Which brings us to the other ribofunk piece in the collection, "Junk DNA." Cowritten with Rudy Rucker, this is the tale of Janna Gutierrez, a young Latina-Vietnamese Californian. Despite her parents' washed-up attempts to make it in real estate, porn marketing, and wetware engineering, she manages to complete a degree in computational genomics at UC Berkeley, but soon finds herself scrubbing bottles for the Ctenephore conglomerate. Lonely and confused, she spends her evenings playing with the futuristic stuffed animals that fascinate the nature-starved youths of this world. Her fortune begins to change when she meets Russian immigrant vamp Veruschka Zipkinova, who soon shows her a technological wonder that she's sure there's a market for. She unveils the "Pumpti," which Janna is disgusted to see is "the size and shape of a Faberge egg, pink and red, clearly biological. It [is] moist, jiggly, and veined like an internal organ with branching threads of yellow and purple" (p. 169). Janna only sees their appeal when Veruschka makes a new Pumpti from the strands of her own junk DNA. In one startling scene, Verushchka tries to take the toy away from her, and Janna bites into it, enjoying a sensation "like being a kid and sucking the root of a lost tooth" (p. 181). When the two young women run out of capital, they are forced to turn to Ctenephore's sleazy executives for funding. While their demotion to wage-slaves at the company is humiliating, it is there that they come across a way to take the Pumpti way beyond the toy market, making everything from phones to holistic gene-maintenance kits from junk DNA.
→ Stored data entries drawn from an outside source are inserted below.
/// The table of the schema of these modules, or their first fault.
///
/// The checks run in this order, each only if those before it found nothing: the profile and the imports, groupings and augments
/// with the names of nodes (RFC 7950 sections 7.12, 7.13 and 7.17), the names of types, identities and leafrefs, the other faults
/// of types, and the keys, unique leafs and `config` of nodes. Within one check the fault with the smallest module, then the smallest
/// offset, then the smallest number is returned. Identity numbers have 32 bits, so there must be fewer than 2^32 statements.
pub fn table_of_modules(alloc: Global, stmts: &[Stmt]) -> Result<SchemaTable, BuildFault>
    requires { steps_of stmts.now < 2 ^ 32 }
    ensures { GivesUnless Fault.NoMemory (λ table. table) result (spec.build stmts.now) }
{
    let modules = check(alloc, stmts)?;
    let forest = expand(alloc, &modules)?;
    judge(alloc, &modules, &forest)
}

/// The same for statements that the function owns: none is copied.
pub fn table_of_owned(alloc: Global, stmts: Vec<Stmt>) -> Result<SchemaTable, BuildFault>
    requires { steps_of stmts.items < 2 ^ 32 }
    ensures { GivesUnless Fault.NoMemory (λ table. table) result (spec.build stmts.items) }
{
    let modules = check_owned(alloc, stmts)?;
    let forest = expand(alloc, &modules)?;
    judge(alloc, &modules, &forest)
}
The Pumpti is a gripping and plausible play on how human psychology modulates the business world: which of us wouldn't fall in love with an object that was literally a chunk of us? The science aspects of the story are well-wrought and it's refreshing to see the authors really deal with the business world. I can't recall another SF story that captures the ups and downs of R&D, capital investments, and the buyout process with such wacky accuracy. On the other hand, while it's clear that Sterling and Rucker are entirely uninterested in cautionary tales, the story is one-sided in its tough-girls-make-it-big triumphalism. Philip K. Dick used to say that when he built a story around a particular concept, he'd find one person who benefited and one who was harmed and then compare their fates. Considering the latest news about the side effects of, say, Ambien, this lacuna leaves me wondering how the Pumpti would be consumed in a society as splintered by inequality as ours, while on the narrative level, the lack of any serious danger tends to lower the stakes. Problems such as these make me wish that science fiction writers would pick up the occasional social science publication as well as journals of technology.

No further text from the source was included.